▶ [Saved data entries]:

┌──

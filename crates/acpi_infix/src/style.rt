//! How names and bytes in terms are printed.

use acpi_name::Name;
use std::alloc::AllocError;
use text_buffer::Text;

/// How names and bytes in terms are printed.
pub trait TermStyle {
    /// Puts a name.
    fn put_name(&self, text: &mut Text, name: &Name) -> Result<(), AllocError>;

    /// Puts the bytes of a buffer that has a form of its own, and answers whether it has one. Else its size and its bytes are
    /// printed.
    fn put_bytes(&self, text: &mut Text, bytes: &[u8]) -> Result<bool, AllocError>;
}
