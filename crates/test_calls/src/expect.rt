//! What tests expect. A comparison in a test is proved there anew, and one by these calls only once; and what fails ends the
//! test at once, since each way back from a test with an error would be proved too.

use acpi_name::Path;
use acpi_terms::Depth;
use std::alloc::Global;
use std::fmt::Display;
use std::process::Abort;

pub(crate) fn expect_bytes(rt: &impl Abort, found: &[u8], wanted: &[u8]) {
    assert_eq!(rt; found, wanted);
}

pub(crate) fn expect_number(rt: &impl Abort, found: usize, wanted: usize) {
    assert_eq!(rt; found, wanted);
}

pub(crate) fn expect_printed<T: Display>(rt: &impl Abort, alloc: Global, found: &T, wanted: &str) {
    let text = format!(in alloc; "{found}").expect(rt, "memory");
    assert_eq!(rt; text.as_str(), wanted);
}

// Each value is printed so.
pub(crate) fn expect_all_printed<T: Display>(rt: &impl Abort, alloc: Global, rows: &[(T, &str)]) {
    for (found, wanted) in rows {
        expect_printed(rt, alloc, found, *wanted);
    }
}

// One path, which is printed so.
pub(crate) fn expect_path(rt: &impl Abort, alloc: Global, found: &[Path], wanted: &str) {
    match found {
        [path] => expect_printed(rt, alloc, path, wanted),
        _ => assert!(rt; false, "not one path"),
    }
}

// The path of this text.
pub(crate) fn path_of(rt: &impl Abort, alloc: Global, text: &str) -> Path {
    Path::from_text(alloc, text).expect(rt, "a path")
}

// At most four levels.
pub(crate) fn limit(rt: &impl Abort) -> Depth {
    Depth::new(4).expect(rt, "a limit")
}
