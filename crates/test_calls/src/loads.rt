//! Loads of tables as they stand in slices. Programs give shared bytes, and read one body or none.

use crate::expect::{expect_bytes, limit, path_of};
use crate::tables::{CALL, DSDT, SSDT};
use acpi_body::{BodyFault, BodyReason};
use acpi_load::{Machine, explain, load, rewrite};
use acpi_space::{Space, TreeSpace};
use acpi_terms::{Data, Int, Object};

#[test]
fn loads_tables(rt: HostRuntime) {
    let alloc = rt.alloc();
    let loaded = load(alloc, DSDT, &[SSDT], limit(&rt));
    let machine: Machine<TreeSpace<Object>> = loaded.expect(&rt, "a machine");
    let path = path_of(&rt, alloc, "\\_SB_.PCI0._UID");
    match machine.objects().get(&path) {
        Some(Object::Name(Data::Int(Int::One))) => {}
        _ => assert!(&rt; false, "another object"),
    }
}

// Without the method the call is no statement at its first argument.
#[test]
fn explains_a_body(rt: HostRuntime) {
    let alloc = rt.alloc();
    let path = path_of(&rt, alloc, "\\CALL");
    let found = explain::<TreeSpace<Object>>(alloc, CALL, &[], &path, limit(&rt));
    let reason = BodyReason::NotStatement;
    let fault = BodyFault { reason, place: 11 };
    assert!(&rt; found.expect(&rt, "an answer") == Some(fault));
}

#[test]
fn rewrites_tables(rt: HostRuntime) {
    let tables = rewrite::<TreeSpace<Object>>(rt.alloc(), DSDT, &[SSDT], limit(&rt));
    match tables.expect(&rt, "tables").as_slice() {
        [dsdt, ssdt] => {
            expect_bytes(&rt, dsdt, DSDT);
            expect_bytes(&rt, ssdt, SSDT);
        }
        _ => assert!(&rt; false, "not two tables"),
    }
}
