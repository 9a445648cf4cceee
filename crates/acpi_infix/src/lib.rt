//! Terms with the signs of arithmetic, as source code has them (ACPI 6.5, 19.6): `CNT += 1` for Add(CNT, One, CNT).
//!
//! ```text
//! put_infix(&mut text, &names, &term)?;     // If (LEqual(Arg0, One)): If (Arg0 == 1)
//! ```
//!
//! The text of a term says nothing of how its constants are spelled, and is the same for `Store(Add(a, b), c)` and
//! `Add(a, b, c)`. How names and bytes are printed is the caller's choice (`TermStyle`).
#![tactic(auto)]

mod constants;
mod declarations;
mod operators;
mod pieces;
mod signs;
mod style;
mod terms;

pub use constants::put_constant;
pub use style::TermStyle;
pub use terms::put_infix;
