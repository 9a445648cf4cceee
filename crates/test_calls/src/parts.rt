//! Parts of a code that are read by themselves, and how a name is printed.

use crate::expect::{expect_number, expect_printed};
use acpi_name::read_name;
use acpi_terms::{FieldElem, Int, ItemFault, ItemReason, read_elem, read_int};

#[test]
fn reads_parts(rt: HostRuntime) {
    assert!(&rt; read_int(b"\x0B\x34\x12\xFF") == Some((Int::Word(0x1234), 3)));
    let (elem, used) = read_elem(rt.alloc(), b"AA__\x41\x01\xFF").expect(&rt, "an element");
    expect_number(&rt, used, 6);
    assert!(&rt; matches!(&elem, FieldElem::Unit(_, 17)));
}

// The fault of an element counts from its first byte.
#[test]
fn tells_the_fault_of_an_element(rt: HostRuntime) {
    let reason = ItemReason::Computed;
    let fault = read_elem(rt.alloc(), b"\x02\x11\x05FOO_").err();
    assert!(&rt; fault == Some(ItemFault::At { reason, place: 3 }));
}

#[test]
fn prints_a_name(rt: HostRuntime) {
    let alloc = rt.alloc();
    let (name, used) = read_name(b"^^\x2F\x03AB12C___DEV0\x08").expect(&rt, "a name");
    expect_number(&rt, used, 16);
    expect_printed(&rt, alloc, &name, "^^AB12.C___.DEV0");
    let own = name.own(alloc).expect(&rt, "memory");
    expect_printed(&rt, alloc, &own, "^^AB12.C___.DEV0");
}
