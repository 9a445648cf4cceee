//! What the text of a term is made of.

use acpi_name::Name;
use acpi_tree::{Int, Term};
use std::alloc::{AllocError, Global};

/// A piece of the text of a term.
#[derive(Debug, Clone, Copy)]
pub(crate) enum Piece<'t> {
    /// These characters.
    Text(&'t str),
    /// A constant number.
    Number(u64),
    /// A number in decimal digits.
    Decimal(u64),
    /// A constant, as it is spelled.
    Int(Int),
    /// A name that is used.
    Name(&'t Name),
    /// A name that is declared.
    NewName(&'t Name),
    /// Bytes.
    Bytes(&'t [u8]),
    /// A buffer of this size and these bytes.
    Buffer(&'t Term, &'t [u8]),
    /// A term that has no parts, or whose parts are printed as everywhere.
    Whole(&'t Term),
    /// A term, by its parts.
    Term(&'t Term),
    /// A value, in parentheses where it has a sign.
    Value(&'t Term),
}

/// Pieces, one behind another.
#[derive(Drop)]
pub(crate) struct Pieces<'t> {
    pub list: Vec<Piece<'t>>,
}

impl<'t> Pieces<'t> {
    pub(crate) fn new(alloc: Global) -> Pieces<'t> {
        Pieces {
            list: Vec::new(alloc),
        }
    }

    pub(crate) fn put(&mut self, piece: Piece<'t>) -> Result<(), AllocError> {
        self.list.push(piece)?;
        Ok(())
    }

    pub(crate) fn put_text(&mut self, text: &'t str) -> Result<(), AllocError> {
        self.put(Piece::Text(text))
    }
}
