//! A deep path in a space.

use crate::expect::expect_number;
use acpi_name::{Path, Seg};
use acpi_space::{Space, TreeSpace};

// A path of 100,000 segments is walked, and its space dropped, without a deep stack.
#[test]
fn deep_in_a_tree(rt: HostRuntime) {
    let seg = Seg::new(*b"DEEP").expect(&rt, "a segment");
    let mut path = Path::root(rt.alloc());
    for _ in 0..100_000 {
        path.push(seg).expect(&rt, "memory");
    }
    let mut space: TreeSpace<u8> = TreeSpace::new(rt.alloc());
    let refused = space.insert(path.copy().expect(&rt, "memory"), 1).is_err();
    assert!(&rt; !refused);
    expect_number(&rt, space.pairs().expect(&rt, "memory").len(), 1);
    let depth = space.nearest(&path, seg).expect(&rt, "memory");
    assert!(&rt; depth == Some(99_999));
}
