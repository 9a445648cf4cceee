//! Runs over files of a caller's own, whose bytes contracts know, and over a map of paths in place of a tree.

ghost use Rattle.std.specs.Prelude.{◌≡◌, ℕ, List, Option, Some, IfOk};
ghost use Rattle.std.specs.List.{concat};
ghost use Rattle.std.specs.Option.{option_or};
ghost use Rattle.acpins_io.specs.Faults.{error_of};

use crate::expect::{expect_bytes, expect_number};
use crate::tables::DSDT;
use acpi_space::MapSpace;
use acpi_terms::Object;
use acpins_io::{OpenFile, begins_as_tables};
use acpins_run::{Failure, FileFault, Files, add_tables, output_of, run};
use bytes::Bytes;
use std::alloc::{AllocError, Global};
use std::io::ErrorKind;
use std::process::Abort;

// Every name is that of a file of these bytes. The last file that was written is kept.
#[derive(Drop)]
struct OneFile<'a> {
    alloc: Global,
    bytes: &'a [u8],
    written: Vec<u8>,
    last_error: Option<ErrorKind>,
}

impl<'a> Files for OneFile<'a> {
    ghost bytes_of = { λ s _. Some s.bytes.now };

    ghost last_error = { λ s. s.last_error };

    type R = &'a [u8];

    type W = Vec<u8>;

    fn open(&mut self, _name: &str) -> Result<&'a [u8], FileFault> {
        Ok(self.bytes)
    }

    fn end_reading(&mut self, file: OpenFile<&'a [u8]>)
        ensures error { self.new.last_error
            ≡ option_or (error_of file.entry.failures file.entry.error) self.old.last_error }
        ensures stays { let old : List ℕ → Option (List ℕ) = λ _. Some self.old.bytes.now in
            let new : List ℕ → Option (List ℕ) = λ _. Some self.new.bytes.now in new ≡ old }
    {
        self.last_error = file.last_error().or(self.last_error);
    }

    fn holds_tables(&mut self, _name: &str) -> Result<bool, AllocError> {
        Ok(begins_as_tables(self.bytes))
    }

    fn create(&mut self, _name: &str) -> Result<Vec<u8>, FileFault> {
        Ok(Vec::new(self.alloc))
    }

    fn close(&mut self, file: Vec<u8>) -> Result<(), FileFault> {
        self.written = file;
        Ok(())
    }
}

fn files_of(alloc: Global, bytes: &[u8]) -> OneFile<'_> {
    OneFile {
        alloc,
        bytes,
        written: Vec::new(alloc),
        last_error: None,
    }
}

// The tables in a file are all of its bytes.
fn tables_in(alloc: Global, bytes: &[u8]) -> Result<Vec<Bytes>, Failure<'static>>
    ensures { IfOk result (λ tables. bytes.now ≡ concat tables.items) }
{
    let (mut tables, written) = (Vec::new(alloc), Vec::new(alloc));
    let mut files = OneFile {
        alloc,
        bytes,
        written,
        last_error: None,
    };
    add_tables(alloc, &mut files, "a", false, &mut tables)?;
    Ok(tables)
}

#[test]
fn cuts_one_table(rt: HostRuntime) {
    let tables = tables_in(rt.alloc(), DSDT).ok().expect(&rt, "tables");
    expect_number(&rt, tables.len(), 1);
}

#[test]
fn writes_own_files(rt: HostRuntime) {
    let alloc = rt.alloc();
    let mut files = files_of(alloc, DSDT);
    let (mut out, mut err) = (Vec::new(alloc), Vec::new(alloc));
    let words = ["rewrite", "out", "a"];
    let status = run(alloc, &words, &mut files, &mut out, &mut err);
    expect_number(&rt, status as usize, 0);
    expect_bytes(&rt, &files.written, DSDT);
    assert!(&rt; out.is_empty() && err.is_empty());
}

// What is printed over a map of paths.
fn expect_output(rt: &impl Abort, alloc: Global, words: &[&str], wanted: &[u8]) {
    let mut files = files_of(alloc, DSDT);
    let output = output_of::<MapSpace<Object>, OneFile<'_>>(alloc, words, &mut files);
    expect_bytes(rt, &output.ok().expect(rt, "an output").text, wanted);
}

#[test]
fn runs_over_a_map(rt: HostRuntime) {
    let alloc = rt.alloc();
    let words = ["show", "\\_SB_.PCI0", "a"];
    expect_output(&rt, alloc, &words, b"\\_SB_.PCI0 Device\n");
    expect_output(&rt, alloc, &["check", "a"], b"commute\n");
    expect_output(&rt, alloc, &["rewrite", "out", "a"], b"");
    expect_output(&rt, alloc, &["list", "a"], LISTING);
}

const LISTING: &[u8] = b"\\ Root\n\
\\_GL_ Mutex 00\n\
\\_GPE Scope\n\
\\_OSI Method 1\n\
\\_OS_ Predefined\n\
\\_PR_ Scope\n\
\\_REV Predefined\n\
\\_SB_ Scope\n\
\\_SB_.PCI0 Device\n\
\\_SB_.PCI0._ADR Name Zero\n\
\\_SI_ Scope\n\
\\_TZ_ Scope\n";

└──

▶ [Exercise]: Using the records above, find and show each line with the string "written".

▶ [Output below]:
// Every name is that of a file of these bytes. The last file that was written is kept.
    written: Vec<u8>,
        self.written = file;
        written: Vec::new(alloc),
    let (mut tables, written) = (Vec::new(alloc), Vec::new(alloc));
        written,
    expect_bytes(&rt, &files.written, DSDT);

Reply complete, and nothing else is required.